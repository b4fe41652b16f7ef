// Local traces, and the letters and states of the trace automaton.

ghost use Rattle.std.specs.Prelude.{◌≡◌, IfSome, IfNone};
ghost use Rattle.std.specs.List.Sorted.{IsPermutation};
ghost use Rattle.ml_trace.specs.AutomatonNumbers.{HasSmallEnds, RiseByTarget};

use std::marker::Model;

/// A local trace: some way from the node `from` to the node `to` has `lowest` as its lowest priority.
#[derive(Clone, Copy, PartialEq, Eq, Debug)]
pub struct Triple {
    pub from: u32,
    pub lowest: u32,
    pub to: u32,
}

/// The local traces of one step: a list that stands for a set, so that its order and repeats mean nothing.
#[derive(Drop)]
pub struct LocalTraces {
    triples: Vec<Triple>,
}

impl Model for LocalTraces {
    ghost use Rattle.std.specs.Prelude.{List};
    ghost use Rattle.ml_trace.specs.declared.letters.Triple.{Triple};

    ghost Value = { List Triple };

    ghost view = { λ a. a.triples.items };
}

impl LocalTraces {
    /// The set of the given triples; total.
    ///
    /// Cost: constant.
    pub fn new(triples: Vec<Triple>) -> LocalTraces
        ensures { result ≡ triples.items }
    {
        LocalTraces { triples }
    }

    /// The triples, as they were given.
    ///
    /// Cost: constant.
    pub fn triples(&self) -> &[Triple]
        ensures { result.now ≡ self.now }
    {
        self.triples.as_slice()
    }

    /// The triples, as they were given, to be put in another order.
    ///
    /// Cost: constant.
    pub(crate) fn into_triples(self) -> Vec<Triple>
        ensures { result.items ≡ self }
    {
        self.triples
    }
}

/// A state of the trace automaton: a node, with no odd priority or with one that was guessed.
#[derive(Clone, Copy, PartialEq, Eq, Debug)]
pub struct AutomatonState {
    pub node: u32,
    pub odd: Option<u32>,
}

/// A transition of the trace automaton between two states, by their numbers.
#[derive(Clone, Copy, PartialEq, Eq, Debug)]
pub struct Transition {
    pub from: u32,
    pub to: u32,
    pub accepting: bool,
}

/// What all numbers of states are below: 2^30.
pub const STATE_LIMIT: u32 = 1 << 30;

/// A letter of the trace automaton: a list of transitions that stands for a set, so that its order and repeats mean
/// nothing to a reader. All ends are below `STATE_LIMIT`, and the targets do not descend: a step asks each target for
/// the transitions that lead to it, so they are brought together once, when the letter is made.
#[derive(Drop)]
pub struct Letter {
    transitions: Vec<Transition>,
}

impl Model for Letter {
    ghost use Rattle.std.specs.Prelude.{List};
    ghost use Rattle.ml_trace.specs.declared.letters.Transition.{Transition};

    ghost Value = { List Transition };

    ghost use Rattle.ml_trace.specs.AutomatonNumbers.{IsLetter};

    ghost view = { λ a. a.transitions.items };

    ghost invariant = { λ a. IsLetter a.transitions.items };
}

impl Letter {
    /// The letter of the given transitions, whose ends are below `STATE_LIMIT`.
    ///
    /// Cost: a sort of the transitions by their targets, in place; linear where they stand so already.
    pub fn of(mut transitions: Vec<Transition>) -> Letter
        requires { HasSmallEnds transitions.items }
        ensures { IsPermutation transitions.items result }
    {
        transitions.sort_unstable_by_key(|t| t.to);
        Letter { transitions }
    }

    /// The letter of the given transitions, or `None` exactly where an end is `STATE_LIMIT` or more.
    ///
    /// Cost: as `of`.
    pub fn new(transitions: Vec<Transition>) -> Option<Letter>
        ensures some { IfSome result (λ letter. IsPermutation transitions.items letter × HasSmallEnds transitions.items) }
        ensures none { IfNone result (¬ HasSmallEnds transitions.items) }
    {
        let small = transitions
            .iter()
            .all(|t| t.from < STATE_LIMIT && t.to < STATE_LIMIT);
        if small {
            Some(Letter::of(transitions))
        } else {
            None
        }
    }

    /// The transitions, by their targets.
    ///
    /// Cost: constant.
    pub fn transitions(&self) -> &[Transition]
        ensures value { result.now ≡ self.now }
        ensures small { HasSmallEnds result.now }
        ensures by_target { RiseByTarget result.now }
    {
        self.transitions.as_slice()
    }
}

=====

PROBLEM DETAILS:
Every line of the data above should be retyped precisely.

ANSWER AREA:
repository b4fe41652b16f7ef
// Local traces, and the letters and states of the trace automaton.

ghost use Rattle.std.specs.Prelude.{◌≡◌, IfSome, IfNone};
ghost use Rattle.std.specs.List.Sorted.{IsPermutation};
ghost use Rattle.ml_trace.specs.AutomatonNumbers.{HasSmallEnds, RiseByTarget};

use std::marker::Model;

/// A local trace: some way from the node `from` to the node `to` has `lowest` as its lowest priority.
#[derive(Clone, Copy, PartialEq, Eq, Debug)]
pub struct Triple {
    pub from: u32,
    pub lowest: u32,
    pub to: u32,
}

/// The local traces of one step: a list that stands for a set, so that its order and repeats mean nothing.
#[derive(Drop)]
pub struct LocalTraces {
    triples: Vec<Triple>,
}

impl Model for LocalTraces {
    ghost use Rattle.std.specs.Prelude.{List};
    ghost use Rattle.ml_trace.specs.declared.letters.Triple.{Triple};

    ghost Value = { List Triple };

    ghost view = { λ a. a.triples.items };
}

impl LocalTraces {
    /// The set of the given triples; total.
    ///
    /// Cost: constant.
    pub fn new(triples: Vec<Triple>) -> LocalTraces
        ensures { result ≡ triples.items }
    {
        LocalTraces { triples }
    }

    /// The triples, as they were given.
    ///
    /// Cost: constant.
    pub fn triples(&self) -> &[Triple]
        ensures { result.now ≡ self.now }
    {
        self.triples.as_slice()
    }

    /// The triples, as they were given, to be put in another order.
    ///
    /// Cost: constant.
    pub(crate) fn into_triples(self) -> Vec<Triple>
        ensures { result.items ≡ self }
    {
        self.triples
    }
}

/// A state of the trace automaton: a node, with no odd priority or with one that was guessed.
#[derive(Clone, Copy, PartialEq, Eq, Debug)]
pub struct AutomatonState {
    pub node: u32,
    pub odd: Option<u32>,
}

/// A transition of the trace automaton between two states, by their numbers.
#[derive(Clone, Copy, PartialEq, Eq, Debug)]
pub struct Transition {
    pub from: u32,
    pub to: u32,
    pub accepting: bool,
}

/// What all numbers of states are below: 2^30.
pub const STATE_LIMIT: u32 = 1 << 30;

/// A letter of the trace automaton: a list of transitions that stands for a set, so that its order and repeats mean
/// nothing to a reader. All ends are below `STATE_LIMIT`, and the targets do not descend: a step asks each target for
/// the transitions that lead to it, so they are brought together once, when the letter is made.
#[derive(Drop)]
pub struct Letter {
    transitions: Vec<Transition>,
}

impl Model for Letter {
    ghost use Rattle.std.specs.Prelude.{List};
    ghost use Rattle.ml_trace.specs.declared.letters.Transition.{Transition};

    ghost Value = { List Transition };

    ghost use Rattle.ml_trace.specs.AutomatonNumbers.{IsLetter};

    ghost view = { λ a. a.transitions.items };

    ghost invariant = { λ a. IsLetter a.transitions.items };
}

impl Letter {
    /// The letter of the given transitions, whose ends are below `STATE_LIMIT`.
    ///
    /// Cost: a sort of the transitions by their targets, in place; linear where they stand so already.
    pub fn of(mut transitions: Vec<Transition>) -> Letter
        requires { HasSmallEnds transitions.items }
        ensures { IsPermutation transitions.items result }
    {
        transitions.sort_unstable_by_key(|t| t.to);
        Letter { transitions }
    }

    /// The letter of the given transitions, or `None` exactly where an end is `STATE_LIMIT` or more.
    ///
    /// Cost: as `of`.
    pub fn new(transitions: Vec<Transition>) -> Option<Letter>
        ensures some { IfSome result (λ letter. IsPermutation transitions.items letter × HasSmallEnds transitions.items) }
        ensures none { IfNone result (¬ HasSmallEnds transitions.items) }
    {
        let small = transitions
            .iter()
            .all(|t| t.from < STATE_LIMIT && t.to < STATE_LIMIT);
        if small {
            Some(Letter::of(transitions))
        } else {
            None
        }
    }

    /// The transitions, by their targets.
    ///
    /// Cost: constant.
    pub fn transitions(&self) -> &[Transition]
        ensures value { result.now ≡ self.now }
        ensures small { HasSmallEnds result.now }
        ensures by_target { RiseByTarget result.now }
    {
        self.transitions.as_slice()
    }
}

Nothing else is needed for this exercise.